- **What the exercise asks**
What lines of the data below hold the string "Lane"? Copy each one out.

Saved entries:
>>>>
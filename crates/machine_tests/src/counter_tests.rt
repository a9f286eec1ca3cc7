// A counter by rows, and its steps.
ghost use Rattle.std.specs.Prelude.{◌≡◌, ◌<◌, ◌+◌, ◌*◌, IfOk};
ghost use Rattle.cycle_eval.specs.Designs.{work_of};

use crate::designs::state_after;
use bits::Bits;
use cycle_eval::Design;
use ls_text::{NameId, NoMemory, Refusal};
use machine::Machine;
use machine::steps::Steps;
use reg_ops::RegOps;
use state_layout::SlotState;
use std::alloc::Global;
use std::marker::Brand;
use std::sync::ledger::{Blank, Ledger};
use std::test::Fail;
use stimulus::Row;
use typed_ir::{
    ArithmeticOperator, BinaryOperator, Flat, InstanceId, InstanceTable, Lane, Linked, RegisterId,
    Signal, SignalId, Span, Stmt, Target, Typed,
};

// reg [3:0] q = 14; always @(posedge clk) q <= q + 4'd3;
fn counter(alloc: Global) -> Result<Linked, NoMemory> {
    let mut signals = Vec::new(alloc);
    signals.push(Signal {
        in_module: NameId(0),
        instance: InstanceId(0),
        name: NameId(1),
        lsb: 0,
        signed: false,
        width: 4,
        initial: 14,
    })?;
    let mut registers = Vec::new(alloc);
    registers.push(SignalId(0))?;
    let sum = BinaryOperator::Arithmetic(ArithmeticOperator::Sum);
    let next = Typed::binary(
        alloc,
        sum,
        Typed::name(SignalId(0), 4),
        Typed::constant(Bits::new(4, 3)),
    )?;
    let span = Span {
        signal: SignalId(0),
        low: 0,
        width: 4,
    };
    let mut parts = Vec::new(alloc);
    parts.push(Target::Fixed(Lane { shift: 0, span }))?;
    let mut clocked = Vec::new(alloc);
    clocked.push(Stmt::Later {
        targets: parts,
        value: next,
    })?;
    let design = Flat {
        instances: InstanceTable::of_top(alloc, NameId(0))?,
        signals,
        registers,
        inputs: Vec::new(alloc),
        nodes: Vec::new(alloc),
        clocked,
    };
    Ok(Linked {
        design,
        order: Vec::new(alloc),
    })
}

fn first(state: &SlotState) -> u128 {
    if state.is_empty() {
        return 99;
    }
    state.read(RegisterId(0)).value
}

// After three rows; the beginning carried into the same design; and whether two resets are the same.
fn by_rows<L: Ledger>(
    alloc: Global,
    design: &Design,
    steps: &mut Steps<L>,
) -> Result<(u128, u128, bool), NoMemory>
    ensures { IfOk result (λ _. steps.new ≡ steps.old + 3 * work_of design.now) }
{
    let end = state_after(alloc, design, 3, steps)?;
    let start = design.reset(alloc)?;
    let again = design.reset(alloc)?;
    let none = RegOps::new(Vec::new(alloc));
    let carried = design.carry(alloc, design, &none, &start)?;
    let same = design.same(&again, &design.share(alloc, &start)?);
    Ok((first(&end), first(&carried), same))
}

fn figures<L: Ledger>(alloc: Global, blank: Blank) -> Result<(u128, u128, bool), Refusal>
    requires name { blank.name ≡ L.name }
    requires parts { blank.parts ≡ L.parts }
    requires some { 0 < blank.parts }
{
    let mut steps = Steps::<L>::start(blank);
    let design = Design::make(alloc, counter(alloc)?)?;
    Ok(by_rows(alloc, &design, &mut steps)?)
}

#[test]
fn counts_by_three(rt: HostRuntime) -> Result<(), Fail> {
    let (end, carried, same) = figures::<Brand>(rt.alloc(), Blank::new(1)).expect(&rt, "a design");
    assert_eq!(rt; (end, carried, same), (7, 14, true));
    Ok(())
}

// Rows with the same values are the same, so that a record keeps one run of them; a row in which a name is set to 0 is another one.
#[test]
fn equal_rows_are_one_run(rt: HostRuntime) -> Result<(), Fail> {
    let alloc = rt.alloc();
    let none = Row::new(alloc);
    let zero = none.with(alloc, NameId(3), 0)?;
    let again = none.with(alloc, NameId(3), 7)?.with(alloc, NameId(3), 0)?;
    assert!(rt; <Design as Machine>::same_row(&zero, &again));
    assert!(rt; !<Design as Machine>::same_row(&none, &zero));
    Ok(())
}
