// A combinational block whose temporary is written twice and then read, worked out by hand.
ghost use Rattle.std.specs.Prelude.{◌≡◌, ◌<◌, IfOk};
ghost use Rattle.typed_ir.specs.FlatNodes.{node_of};
ghost use Rattle.typed_ir.specs.Nodes.{Block};
ghost use Rattle.typed_ir.specs.Statements.{stmt_of};
ghost use Rattle.typed_ir.specs.Stmts.{Assign};
ghost use Rattle.typed_ir.specs.Forms.{sized};
ghost use Rattle.typed_ir.specs.declared.arithmetic_operator.ArithmeticOperator.TheVariants.{Sum, Xor};
ghost use Rattle.typed_ir.specs.declared.binary_operator.BinaryOperator.TheVariants.{Arithmetic};
ghost use Rattle.typed_ir.specs.declared.target_form.TargetForm.TheVariants.{Name as Shown};
ghost use Rattle.machine_tests.specs.Temporary.{all_of, temporary};

use crate::designs::{design_with, later, signals, state_after, top, values_of, whole};
use bits::Bits;
use comb_order::Parts;
use cycle_eval::Design;
use ls_text::NoMemory;
use machine::steps::Steps;
use std::alloc::Global;
use std::marker::Brand;
use std::process::Abort;
use std::sync::ledger::{Blank, Ledger};
use std::test::Fail;
use typed_ir::{
    ArithmeticOperator, BinaryOperator, Node, ShownTarget, SignalId, Stmt, Target, TargetForm,
    Typed,
};

// SIGNAL = E;
fn now(alloc: Global, signal: u32, e: Typed) -> Result<Stmt, NoMemory>
    ensures { IfOk result (λ st. stmt_of st ≡ Assign (all_of signal) (sized e.form)) }
{
    let mut parts = Vec::new(alloc);
    parts.push(Target::Fixed(whole(signal, 4)))?;
    Ok(Stmt::Assign {
        targets: parts,
        value: e,
    })
}

// always @* begin t = q + 1; t = t ^ 6; y = t; end
fn block(alloc: Global) -> Result<Node, NoMemory>
    ensures { IfOk result (λ n. node_of n ≡ Block (record { number = 0; form = Shown }) (temporary (Arithmetic Sum) (Arithmetic Xor))) }
{
    let sum = BinaryOperator::Arithmetic(ArithmeticOperator::Sum);
    let xor = BinaryOperator::Arithmetic(ArithmeticOperator::Xor);
    let one = Typed::constant(Bits::new(4, 1));
    let six = Typed::constant(Bits::new(4, 6));
    let more = Typed::binary(alloc, sum, Typed::name(SignalId(0), 4), one)?;
    let mixed = Typed::binary(alloc, xor, Typed::name(SignalId(1), 4), six)?;
    let body = vec![in alloc;
        now(alloc, 1, more)?,
        now(alloc, 1, mixed)?,
        now(alloc, 2, Typed::name(SignalId(1), 4))?,
    ]?;
    Ok(Node::Block {
        shown: ShownTarget {
            number: 0,
            form: TargetForm::Name,
        },
        body: Stmt::Sequence(body),
    })
}

// reg [3:0] q = 4; reg [3:0] t, y; the block; always @(posedge clk) q <= y;
fn design(rt: &impl Abort, alloc: Global) -> Result<Design, NoMemory> {
    let nodes = vec![in alloc; block(alloc)?]?;
    let parts = Parts {
        instances: top(alloc)?,
        signals: signals(rt, alloc, &[(4, 4), (4, 0), (4, 0)])?,
        registers: vec![in alloc; SignalId(0)]?,
        inputs: Vec::new(alloc),
        nodes,
        clocked: vec![in alloc; later(alloc, 0, 4, Typed::name(SignalId(2), 4))?]?,
    };
    design_with(rt, alloc, parts)
}

// The registers after so many cycles.
fn counted<L: Ledger>(
    alloc: Global,
    design: &Design,
    cycles: u64,
    blank: Blank,
) -> Result<Vec<u128>, NoMemory>
    requires name { blank.name ≡ L.name }
    requires parts { blank.parts ≡ L.parts }
    requires some { 0 < blank.parts }
{
    let mut steps = Steps::<L>::start(blank);
    let state = state_after(alloc, design, cycles, &mut steps)?;
    values_of(alloc, &state)
}

fn after(alloc: Global, design: &Design, cycles: u64) -> Result<Vec<u128>, NoMemory> {
    counted::<Brand>(alloc, design, cycles, Blank::new(1))
}

#[test]
fn a_block_with_a_temporary(rt: HostRuntime) -> Result<(), Fail> {
    let alloc = rt.alloc();
    let design = design(&rt, alloc)?;
    // 5 ^ 6 is 3, 4 ^ 6 is 2, 3 ^ 6 is 5, 6 ^ 6 is 0, and 1 ^ 6 is 7.
    let table = [(0, 4), (1, 3), (2, 2), (3, 5), (4, 0), (5, 7)];
    for (cycles, wanted) in table {
        let values = after(alloc, &design, cycles)?;
        assert_eq!(rt;
            values.as_slice(),
            [wanted].as_slice(),
            "after {cycles} cycles"
        );
    }
    Ok(())
}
<<<<
- **Answer to the exercise**
    ArithmeticOperator, BinaryOperator, Flat, InstanceId, InstanceTable, Lane, Linked, RegisterId,
    parts.push(Target::Fixed(Lane { shift: 0, span }))?;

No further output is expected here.